• [Directions]: Say only the number of lines in the entries below that contain "HasKey".

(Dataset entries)
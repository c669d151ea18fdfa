//! What a pass of a point comes to.

ghost use Rattle.std.specs.Prelude.{◌≡◌, ◌⊎◌, ℕ, vec_len, ◌^◌, ◌<◌, ◌≤ℤ◌, pos, IfOk, IfErr, OnOk};
ghost use Rattle.std.specs.Prelude.{OnErr, IsSome, IfSome, MatchOption};
ghost use Rattle.std.specs.Prelude.{◌≤◌, Some, None, is_some, option_map};
ghost use Rattle.std.specs.Bool.{then_some};
ghost use Rattle.stamp_register.specs.Keys.{key_value};
ghost use Rattle.node_steps.specs.Replicas.{state_in};
ghost use Rattle.replica_state.specs.States.{rights_of};
ghost use Rattle.node_calls.specs.Told.{passed};
ghost use Rattle.node_steps.specs.Nodes.{setting_of};
ghost use Rattle.packed_trace.specs.Packed.{passed_by, setting_ref_told};
ghost use Rattle.node_steps.specs.Outcomes.{spent_by, ops_done, HasKey};
ghost use Rattle.node_steps.specs.Passes.{words_for, triggered_term, pass_reply, pass_ops};
ghost use Rattle.node_steps.specs.Refusals.{bad_words};

use crate::replica::State;
use crate::words::WordSource;
use actions::{Actions, Name, decide};
use node_calls::{NodeFault, PassReply};
use packed_trace::{Pass, SettingRef};
use replica_state::Replica;
use stamp_register::Key;
use std::alloc::{AllocError, Global};

/// The reply of a pass, where it is wanted.
pub fn reply_if(
    alloc: Global,
    pass: Pass<'_>,
    is_wanted: bool,
) -> Result<Option<PassReply>, AllocError>
    ensures { IfOk result (λ reply. option_map passed reply ≡ then_some is_wanted
        (passed_by (setting_ref_told pass.entry.setting) pass.entry.term)) }
{
    if is_wanted {
        Ok(Some(pass.reply().copied(alloc)?))
    } else {
        Ok(None)
    }
}

/// What a point is set to, with the term that a pass of it by node `me` triggers with the next
/// random draws of a source, beside these; or why they are refused.
#[inline(always)]
fn choice_at<'a, S: WordSource>(
    alloc: Global,
    state: &'a State,
    me: u8,
    name: &Name,
    source: &mut S,
) -> Result<(Vec<u32>, Option<(&'a Key, &'a Actions, Option<u8>)>), NodeFault>
    requires { S.can_draw source.old }
    ensures setting { IfOk result (λ r. MatchOption r.1
        (setting_of (state_in state.now) name.now ≡ None)
        (λ s. setting_of (state_in state.now) name.now ≡ Some (key_value s.0.now, s.1.now))) }
    ensures term { IfOk result (λ r. IfSome r.1 (λ s. s.2
        ≡ triggered_term me (state_in state.now) name.now r.0.items (key_value s.0.now, s.1.now))) }
    ensures key { IfOk result (λ r. IsSome r.1 → HasKey (state_in state.now) name.now) }
    ensures words { IfOk result (λ r. r.0.items
        ≡ S.next_words source.old (words_for (state_in state.now) name.now)) }
    ensures many { IfOk result (λ r. vec_len r.0 ≡ words_for (state_in state.now) name.now) }
    ensures few { OnOk result (words_for (state_in state.now) name.now < 2 ^ 8) }
    ensures drawn { OnOk result (source.new
        ≡ S.after_words source.old (words_for (state_in state.now) name.now)) }
    ensures refused { let need = words_for (state_in state.now) name.now in IfErr result (λ f.
        (f ≡ NodeFault.OutOfMemory) ⊎ (bad_words need (S.next_words source.old need) ≡ Some f)) }
    ensures err { OnErr result (source.new ≡ source.old) }
{
    if let Some(found) = state.key_and_rights(name, me) {
        let key = found.0;
        let may = found.1;
        if let Some(actions) = key.actions() {
            let words = source.draw(alloc, actions.words_needed())?;
            let term = decide(actions, &words, may);
            return Ok((words, Some((key, actions, term))));
        }
    }
    let words = source.draw(alloc, 0)?;
    Ok((words, None))
}

/// The triggered term, if it is counted.
fn spent_term(actions: &Actions, chosen: Option<u8>) -> Option<u8>
    ensures value { result ≡ spent_by actions.now chosen }
    ensures low { IfSome result (λ term. term < 2 ^ 8) }
{
    let term = chosen?;
    match actions.term(term) {
        Some(found) => match found.count {
            Some(_) => Some(term),
            None => None,
        },
        None => None,
    }
}

/// What a pass comes to: the point's setting, if it is set; the term that is triggered, if one is; and
/// that term once more where it is counted.
#[derive(Clone, Copy)]
pub struct Outcome<'a> {
    pub setting: Option<SettingRef<'a>>,
    pub term: Option<u8>,
    pub spent: Option<u8>,
}

impl<'a> Outcome<'a> {
    /// The pass as it is to be kept.
    pub fn pass(self, name: &'a Name, words: &'a [u32]) -> Pass<'a>
        ensures { result ≡ record {
          name = name.entry;
          setting = self.entry.setting;
          term = self.entry.term;
          words = words.entry;
        } }
    {
        Pass {
            name,
            setting: self.setting,
            term: self.term,
            words,
        }
    }
}

/// What a pass of a point by node `me` comes to with the next random draws of a source, beside
/// these; or why they are refused.
#[inline(always)]
pub fn outcome_of<'a, S: WordSource>(
    alloc: Global,
    state: &'a State,
    me: u8,
    name: &Name,
    source: &mut S,
) -> Result<(Vec<u32>, Outcome<'a>), NodeFault>
    requires { S.can_draw source.old }
    ensures reply { IfOk result (λ r. passed_by (setting_ref_told r.1.setting) r.1.term
        ≡ pass_reply me (state_in state.now) name.now r.0.items) }
    ensures ops { IfOk result (λ r. pass_ops me (state_in state.now) name.now r.0.items
        ≡ ops_done me (state_in state.now) name.now (is_some r.1.setting) r.1.spent) }
    ensures key { IfOk result (λ r. IsSome r.1.setting → HasKey (state_in state.now) name.now) }
    ensures low { IfOk result (λ r. IfSome r.1.spent (λ term. term < 2 ^ 8)) }
    ensures rights { IfOk result (λ r. (term : ℕ) → r.1.spent ≡ Some term
        → pos 1 ≤ℤ rights_of (state_in state.now) name.now term me) }
    ensures words { IfOk result (λ r. r.0.items
        ≡ S.next_words source.old (words_for (state_in state.now) name.now)) }
    ensures many { IfOk result (λ r. vec_len r.0 ≡ words_for (state_in state.now) name.now) }
    ensures few { OnOk result (words_for (state_in state.now) name.now < 2 ^ 8) }
    ensures drawn { OnOk result (source.new
        ≡ S.after_words source.old (words_for (state_in state.now) name.now)) }
    ensures refused { let need = words_for (state_in state.now) name.now in IfErr result (λ f.
        (f ≡ NodeFault.OutOfMemory) ⊎ (bad_words need (S.next_words source.old need) ≡ Some f)) }
    ensures err { OnErr result (source.new ≡ source.old) }
{
    let (words, found) = choice_at(alloc, state, me, name, source)?;
    let Some((key, actions, term)) = found else {
        let unset = Outcome {
            setting: None,
            term: None,
            spent: None,
        };
        return Ok((words, unset));
    };
    let outcome = Outcome {
        setting: Some(SettingRef {
            stamp: key.stamp(),
            actions,
        }),
        term,
        spent: spent_term(actions, term),
    };
    Ok((words, outcome))
}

• [Response box]: 3